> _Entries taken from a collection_
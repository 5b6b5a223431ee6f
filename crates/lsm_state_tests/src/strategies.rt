// What strategies do to a tree, by its numbers, its levels and what it shows.
use crate::compactions::THREE;
use crate::rows::Row::{Does, Has, Shows};
use crate::rows::{ABSENT, Count, TOO_OLD};
use crate::samples::Edge::{In, Out};
use crate::scripts::Part::Plays;
use crate::scripts::{Script, play_all};
use crate::steps::Step::{Compact, Flush, Now, Set};
use crate::steps::Told::{Done, Installed, Nothing, Number};
use crate::works::Work;

const LEVELED: [Script; 2] = [
    (
        "a leveled compaction merges four runs",
        &[Plays(&[
            Does(Set("a", "1"), Number(0)),
            Does(Flush(0), Done),
            Does(Set("a", "2"), Number(2)),
            Does(Flush(0), Done),
            Does(Set("a", "3"), Number(4)),
            Does(Flush(0), Done),
            Does(Compact(Work::Leveled(0)), Nothing),
            Does(Set("a", "4"), Number(6)),
            Does(Flush(0), Done),
            Does(Compact(Work::Leveled(8)), Installed),
            Has(Count::Runs, 0),
            Has(Count::Tables, 1),
            Has(Count::Level(6), 1),
            Has(Count::Level(7), ABSENT),
            Has(Count::Entries, 1),
            Shows("a", 9, "4"),
            Shows("a", 7, TOO_OLD),
        ])],
    ),
    // The table of a = 1 is moved, so no other is made; that of a = 2 stays, and those of a = 2 and a = 3 are merged above
    // the first, and then with it.
    (
        "two levels are filled and merged",
        &[Plays(&[
            Does(Set("a", "1"), Number(0)),
            Does(Flush(0), Done),
            Does(Compact(Work::Small), Installed),
            Has(Count::Level(0), 0),
            Has(Count::Level(5), 0),
            Has(Count::Level(6), 1),
            Has(Count::Tables, 1),
            Has(Count::Next, 3),
            Has(Count::NextTable, 1),
            Does(Set("a", "2"), Number(3)),
            Does(Flush(0), Done),
            Does(Compact(Work::Small), Nothing),
            Has(Count::Level(0), 1),
            Has(Count::Level(5), 0),
            Has(Count::Level(6), 1),
            Has(Count::Tables, 2),
            Has(Count::Next, 5),
            Does(Set("a", "3"), Number(5)),
            Does(Flush(0), Done),
            Does(Compact(Work::Small), Installed),
            Has(Count::Level(0), 0),
            Has(Count::Level(5), 1),
            Has(Count::Level(6), 1),
            Has(Count::Tables, 2),
            Has(Count::Next, 8),
            Has(Count::Entries, 3),
            Does(Compact(Work::Small), Installed),
            Has(Count::Level(0), 0),
            Has(Count::Level(5), 0),
            Has(Count::Level(6), 1),
            Has(Count::Tables, 1),
            Has(Count::Next, 9),
            Has(Count::Entries, 3),
            Shows("a", 9, "3"),
        ])],
    ),
];

const DROPS: [Script; 3] = [
    (
        "fifo drops what passes its limit",
        &[
            Plays(&THREE),
            Plays(&[
                Has(Count::Tables, 3),
                Has(Count::Bytes, 111),
                Does(Compact(Work::Fifo(1, None, 3)), Installed),
                Has(Count::Tables, 0),
            ]),
        ],
    ),
    (
        "fifo drops what is too old",
        &[Plays(&[
            Does(Now(1000), Done),
            Does(Set("a", "x"), Number(0)),
            Does(Flush(0), Done),
            Does(Now(1005), Done),
            Does(Set("b", "x"), Number(2)),
            Does(Flush(0), Done),
            Does(Now(1011), Done),
            Has(Count::Tables, 2),
            Has(Count::Runs, 1),
            Does(Compact(Work::Fifo(u64::MAX, Some(10), 0)), Installed),
            Has(Count::Tables, 1),
            Shows("a", 5, ""),
            Shows("b", 5, "x"),
        ])],
    ),
    (
        "a range is dropped with the tables within",
        &[
            Plays(&THREE),
            Plays(&[
                Does(Compact(Work::DropRange(In(b"a"), In(b"b"))), Installed),
                Has(Count::Tables, 1),
                Shows("b", 7, ""),
                Shows("c", 7, "x"),
                Shows("b", 6, "x"),
                Does(Compact(Work::DropRange(Out(b"b"), Out(b"b"))), Installed),
                Does(Compact(Work::DropRange(In(b"c"), In(b"a"))), Nothing),
                Has(Count::Tables, 1),
                Has(Count::Next, 8),
                Does(Set("b", "z"), Number(8)),
                Shows("b", 9, "z"),
            ]),
        ],
    ),
];

#[test]
fn strategies_fill_levels_and_drop_tables(rt: HostRuntime) {
    play_all(&rt, rt.alloc(), &LEVELED);
    play_all(&rt, rt.alloc(), &DROPS);
}
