// The counter of numbers.
use lsm_state::{Error, SequenceNumberCounter};

#[test]
fn ends_at_the_limit(rt: HostRuntime) {
    let mut counter = SequenceNumberCounter::new(9_223_372_036_854_775_807);
    assert!(rt; matches!(counter.next(), Ok(9_223_372_036_854_775_807)));
    assert!(rt; matches!(counter.next(), Err(Error::OutOfNumbers)));
    assert_eq!(rt; counter.get(), 9_223_372_036_854_775_808);
}
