// Writes, reads of one key and rotation of a tree.
use crate::rows::Row::{Decides, Does, Has, Reads, Shows};
use crate::rows::{Count, Row, shows};
use crate::samples::item;
use crate::scripts::Part::Plays;
use crate::scripts::{Script, open, play_all};
use crate::steps::Step::{Batch, Counter, Del, Insert, Long, Remove, Rotate, Set, Weak};
use crate::steps::Told::{Done, Number, Refused, Sealed, Sizes};
use lsm_state::{MemStore, TreeState};
use std::test::Fail;

const WRITES: [Script; 6] = [
    (
        "a snapshot sees what is numbered below it",
        &[Plays(&[
            Does(Set("a", "x"), Number(0)),
            Shows("a", 0, ""),
            Shows("a", 1, "x"),
        ])],
    ),
    // The tombstone takes 1 + 48 bytes, after 1 + 1 + 48.
    (
        "a tombstone hides the value above it",
        &[Plays(&[
            Does(Set("a", "x"), Number(0)),
            Does(Remove("a", 1), Sizes((49, 99))),
            Shows("a", 2, ""),
            Shows("a", 1, "x"),
        ])],
    ),
    // `KeyTooLong`.
    (
        "refuses what is too long",
        &[Plays(&[
            Does(Long(65_535), Sizes((65_584, 65_584))),
            Does(Long(65_536), Refused(10)),
        ])],
    ),
    // `NumberTooGreat` and `DuplicateKey`.
    (
        "refuses what is late or doubled",
        &[Plays(&[
            Does(Insert("a", "x", 9_223_372_036_854_775_808), Refused(12)),
            Does(Batch(&[("a", None), ("a", Some("x"))]), Refused(19)),
            Has(Count::Next, 0),
        ])],
    ),
    (
        "an empty batch draws a number",
        &[Plays(&[Does(Batch(&[]), Number(0)), Has(Count::Next, 1)])],
    ),
    // `OutOfNumbers`.
    (
        "the last number is drawn once",
        &[Plays(&[
            Does(Counter(9_223_372_036_854_775_807), Done),
            Does(Weak("a"), Number(9_223_372_036_854_775_807)),
            Does(Del("a"), Refused(9)),
            Has(Count::Next, 9_223_372_036_854_775_808),
        ])],
    ),
];

/// Sets the key, removes it, and seals the memtable; a second time there is nothing to seal.
const SEAL: [Row; 4] = [
    Does(Set("a", "x"), Number(0)),
    Does(Remove("a", 1), Sizes((49, 99))),
    Does(Rotate, Sealed(Some(0))),
    Does(Rotate, Sealed(None)),
];

const ROTATIONS: [Script; 3] = [
    (
        "sealed entries are read",
        &[
            Plays(&SEAL),
            Plays(&[
                Shows("a", 1, "x"),
                Decides("a", 1, Some(0)),
                Decides("a", 2, None),
            ]),
        ],
    ),
    (
        "a new tree has one memtable",
        &[Plays(&[Reads(0, 0, &[], 0, 0), Reads(1, 0, &[], 0, 0)])],
    ),
    // Rotation draws no number of a version.
    (
        "rotation seals under every snapshot",
        &[
            Plays(&SEAL),
            Plays(&[Reads(0, 1, &[0], 0, 0), Reads(1, 1, &[0], 0, 0)]),
        ],
    ),
];

#[test]
fn writes_are_numbered_sealed_and_read(rt: HostRuntime) {
    play_all(&rt, rt.alloc(), &WRITES);
    play_all(&rt, rt.alloc(), &ROTATIONS);
}

/// Whether an entry that the tree housed is written, and shown from then on.
fn takes_housed(tree: &mut TreeState) -> bool {
    let entry = tree.house(item(&("a", Some("x"), 0)));
    let is_hidden = shows(tree, "a", 1, "");
    let is_taken = matches!(tree.append_housed(entry), Ok((50, 50)));
    is_hidden && is_taken && shows(tree, "a", 1, "x")
}

#[test]
fn writes_a_housed_entry(rt: HostRuntime) -> Result<(), Fail> {
    let mut tree = open(rt.alloc(), 1, MemStore::new(rt.alloc()))?;
    let is_taken = takes_housed(&mut tree);
    drop(tree);
    assert!(rt; is_taken);
    Ok(())
}
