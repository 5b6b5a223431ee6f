// Streams over chosen tables.
ghost use Rattle.std.specs.Iterator.{IsFinite};

use crate::samples::{THREE, ids, version};
use lsm_below::{AsEntry, Error, SeqNo, TableId};
use lsm_compaction::create_compaction_stream;
use lsm_versions::Version;
use std::alloc::Global;
use std::test::Fail;

/// How many entries a stream gives.
fn count_of<E: AsEntry, I: Iterator<Item = Result<E, Error>>>(stream: I) -> Result<usize, Error>
    requires { I.can_next stream × IsFinite (I.remaining stream) }
{
    let mut count: usize = 0;
    for entry in stream {
        drop(entry?);
        count = count.saturating_add(1);
    }
    Ok(count)
}

/// How many entries a stream over these tables gives, or None where there is none.
fn count(
    alloc: Global,
    version: &Version,
    list: &[TableId],
    watermark: SeqNo,
) -> Result<Option<usize>, Error> {
    let ids = ids(alloc, list)?;
    match create_compaction_stream(alloc, version, &ids, watermark)? {
        Some(stream) => Ok(Some(count_of(stream)?)),
        None => Ok(None),
    }
}

/// The tables of a stream, its watermark, and how many entries it gives, or None where there is none.
const ROWS: [(&[TableId], SeqNo, Option<usize>); 6] = [
    (&[0, 1], 0, Some(2)),
    (&[0, 1], 2, Some(1)),
    (&[2], 0, Some(1)),
    (&[], 0, Some(0)),
    (&[666], 0, None),
    (&[0, 666], 0, None),
];

fn are_counted(alloc: Global, version: &Version) -> Result<bool, Error> {
    for (list, watermark, wanted) in ROWS {
        if count(alloc, version, list, watermark)? != wanted {
            return Ok(false);
        }
    }
    Ok(true)
}

#[test]
fn a_stream_reads_the_tables_that_are_named(rt: HostRuntime) -> Result<(), Fail> {
    let version = version(&rt, rt.alloc(), 5, &THREE)?;
    let counted = are_counted(rt.alloc(), &version);
    drop(version);
    assert!(rt; counted?);
    Ok(())
}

> _Assignment_
Lines above that include the string "open" need to be copied.

> _Response_
use crate::scripts::{Script, open, play_all};
    let mut tree = open(rt.alloc(), 1, MemStore::new(rt.alloc()))?;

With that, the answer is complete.